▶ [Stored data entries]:

************

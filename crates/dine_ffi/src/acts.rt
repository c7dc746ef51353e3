// What a site does, where it is asked for by number.
ghost use Rattle.std.specs.Prelude.{◌≡◌, ◌<◌, MatchOption, MatchResult, Some, false, length, pos};
ghost use Rattle.dine_rules.specs.declared.breach.Breach.{Breach as SeenBreach};
ghost use Rattle.dine_rules.specs.Local.{is_eating};
ghost use Rattle.dine_rules.specs.Steps as step;
ghost use Rattle.dine_site.specs.Places.{after_take};
ghost use Rattle.dine_site.specs.Standing.{CorePuts, CoreSteps, ReportsBreach, ReportsMay};
ghost use Rattle.dine_ffi.specs.Acts.{put_step};
ghost use Rattle.dine_ffi.specs.Answers.{IsRefused, breach_status};

use crate::status::{NO_SUCH, breach_status};
use dine_rules::Letter;
use dine_site::SiteCore;

/// The events that put a letter. `Break` is a Close out of order.
#[derive(Clone, Copy)]
pub(crate) enum PutKind {
    Give,
    Ask,
    Done,
    Close,
    Break,
}

/// Puts the letter at place `i`, if the rules allow it now.
pub(crate) fn put(core: &mut SiteCore, what: PutKind, i: u32) -> Option<Letter>
    requires { is_eating core.old.phase ≡ false }
    ensures put { MatchOption result (core.new ≡ core.old) (CorePuts i (put_step what i) core.old core.new) }
    ensures may { MatchOption result (ReportsMay core.old (put_step what i) false) (λ _. Unit {0}) }
    ensures phase { is_eating core.new.phase ≡ false }
    ensures site { core.new.site ≡ core.old.site }
{
    if core.degree() <= i {
        return None;
    }
    match what {
        PutKind::Give if core.may_give(i) => Some(core.give(i)),
        PutKind::Ask if core.may_ask(i) => Some(core.ask(i)),
        PutKind::Done if core.may_done(i) => Some(core.done(i)),
        PutKind::Close if core.may_close(i) => Some(core.close(i)),
        PutKind::Break => core.break_off(i),
        PutKind::Give | PutKind::Ask | PutKind::Done | PutKind::Close => None,
    }
}

/// Takes the letter that arrived at place `i`. If the rules do not allow it now, it is returned with the answer.
pub(crate) fn take(core: &mut SiteCore, i: u32, letter: Letter) -> Result<(), (Letter, i64)>
    ensures phase { core.new.phase ≡ core.old.phase }
    ensures core { MatchResult result (λ _. core.new ≡ after_take i letter core.old) (λ _. Unit {0}) }
    ensures breach { MatchResult result (λ _. Unit {0})
        (λ e. i < length core.old.places
        → (b : SeenBreach) × ReportsBreach core.old i letter (Some b) × (e.1 ≡ breach_status b)) }
    ensures refused { MatchResult result (λ _. Unit {0}) (λ e. IsRefused e.1) }
    ensures step { MatchResult result (λ _. CoreSteps (step.Take i letter) core.old core.new)
        (λ e. (core.new ≡ core.old) × (e.0 ≡ letter) × (e.1 ≡ pos 0 → ⊥)) }
{
    if core.degree() <= i {
        return Err((letter, NO_SUCH));
    }
    match core.take(i, letter) {
        Ok(()) => Ok(()),
        Err((letter, breach)) => Err((letter, breach_status(breach))),
    }
}
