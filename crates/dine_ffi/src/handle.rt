//! The handle that C holds.
ghost use Rattle.std.specs.Prelude.{◌≡◌, ◌==◌, MatchOption, None, Some, is_some};

use crate::contents::Contents;
use crate::slot::Slot;
use std::alloc::Global;
use std::mem;

// What `state` is in an open handle: the letters of "dine".
const OPEN: u32 = 0x656e_6964;

/// A handle, which is two words of C's memory: a pointer, and a number. All zeros is a closed handle.
#[repr(C)]
#[derive(Drop)]
pub struct Handle {
    slot: Slot,
    state: u32,
    ghost says: { (state == 1701734756) ≡ is_some slot.held },
}

impl Handle {
    // A closed handle.
    fn closed(alloc: Global) -> Handle
        ensures { result.slot.held ≡ None }
    {
        Handle {
            slot: Slot::none(alloc),
            state: 0,
        }
    }

    // An open handle.
    fn of(contents: Box<Contents>) -> Handle
        ensures { result.slot.held ≡ Some contents.value }
    {
        Handle {
            slot: Slot::of(contents),
            state: OPEN,
        }
    }

    pub(crate) fn is_open(&self) -> bool
        ensures { result ≡ is_some self.now.slot.held }
    {
        self.state == OPEN
    }

    /// Takes the contents out, if the handle is open. Then it is closed.
    pub(crate) fn take(&mut self, alloc: Global) -> Option<Box<Contents>>
        ensures closed { self.new.slot.held ≡ None }
        ensures held { MatchOption result (self.old.slot.held ≡ None)
            (λ contents. self.old.slot.held ≡ Some contents.value) }
    {
        mem::replace(self, Handle::closed(alloc)).into_box()
    }

    // The contents of the handle, if it is open.
    fn into_box(self) -> Option<Box<Contents>>
        ensures { MatchOption result (self.slot.held ≡ None) (λ contents. self.slot.held ≡ Some contents.value) }
    {
        let Handle { slot, state } = self;
        if state == OPEN {
            Some(slot.into_box())
        } else {
            None
        }
    }

    /// Puts the contents back into the handle, which is closed.
    pub(crate) fn put(&mut self, contents: Box<Contents>)
        requires { self.old.slot.held ≡ None }
        ensures { self.new.slot.held ≡ Some contents.value }
    {
        *self = Handle::of(contents);
    }
}

/// A handle may go to another thread: this is accepted only since `Handle` is `Send`. Nothing calls it.
pub fn may_be_sent(handle: Handle) -> Handle {
    sent(handle)
}

fn sent<T: Send>(value: T) -> T {
    value
}
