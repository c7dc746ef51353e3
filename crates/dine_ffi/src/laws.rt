//! Laws over the definitions alone. Each function does nothing: its contract is the law.
ghost use Rattle.std.specs.Prelude.{Bool, List, ℕ, ℤ};
ghost use Rattle.dine_graph.specs.Plan.{SeenPlan};
ghost use Rattle.dine_rules.specs.declared.letters.Letter.{Letter};
ghost use Rattle.dine_rules.specs.Local.{LocalState, start_of};
ghost use Rattle.dine_rules.specs.Steps as step;
ghost use Rattle.dine_rules.specs.Steps.{Step};
ghost use Rattle.dine_ffi.specs.Acts.{put_step};
ghost use Rattle.dine_ffi.specs.Calls.{AreStepsOf, Call, CallsLead, StepsLead};
ghost use Rattle.dine_ffi.specs.OwnSites.{IsOpened, OwnSteps, SeenOwnSite, SiteBegins, SiteEnds, SitePuts, SiteSteps};
ghost use Rattle.dine_ffi.specs.OwnSites.{SiteTakes, StandsFor};
ghost use Rattle.dine_ffi.specs.declared.acts.PutKind.{PutKind};

/// Each call of a site that does something is a step of the rules. A site that was opened represents the state at the
/// start. If a site represents a state, and a call does what its contract says, the state allowed the step, and the
/// site represents the state after it: with its letters, its meal, and the forks that it keeps.
pub fn calls_are_steps()
    ensures opened { (plan : SeenPlan) (run number : ℕ) (own : SeenOwnSite) → IsOpened plan run number own
        → StandsFor (start_of plan number) own }
    ensures hungry { (old new : SeenOwnSite) → SiteSteps step.Hungry old new → OwnSteps step.Hungry old new }
    ensures quit { (old new : SeenOwnSite) → SiteSteps step.Quit old new → OwnSteps step.Quit old new }
    ensures begin { (old new : SeenOwnSite) → SiteBegins old new → OwnSteps step.Begin old new }
    ensures end { (failed : Bool) (old new : SeenOwnSite) → SiteEnds failed old new
        → OwnSteps (step.End failed) old new }
    ensures puts { (kind : PutKind) (i : ℕ) (letter : Letter) (old new : SeenOwnSite)
        → SitePuts i (put_step kind i) old new letter → OwnSteps (put_step kind i) old new }
    ensures takes { (bytes : List ℕ) (i : ℕ) (letter : Letter) (old new : SeenOwnSite)
        → SiteTakes bytes i letter old new → OwnSteps (step.Take i letter) old new }
{}

/// Any list of calls does what the rules allow. Suppose that calls, one after the other, lead from a site that was
/// opened to another, each as its contract says. Then the site represents a state to which the rules lead from the
/// start, by the steps of the calls that did not refuse, in order.
pub fn lists_of_calls_are_steps()
    ensures { (plan : SeenPlan) (run number : ℕ) (opened own : SeenOwnSite) (calls : List (Call × ℤ))
        → IsOpened plan run number opened → CallsLead calls opened own
        → (steps : List Step) × (state : LocalState) × AreStepsOf plan run number calls steps
        × StepsLead plan number steps (start_of plan number) state × StandsFor state own }
{}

************

Scan the lines above for the word "SeenBreach". Return each one that has it.

▶ [Answer box]:
ghost use Rattle.dine_rules.specs.declared.breach.Breach.{Breach as SeenBreach};
        → (b : SeenBreach) × ReportsBreach core.old i letter (Some b) × (e.1 ≡ breach_status b)) }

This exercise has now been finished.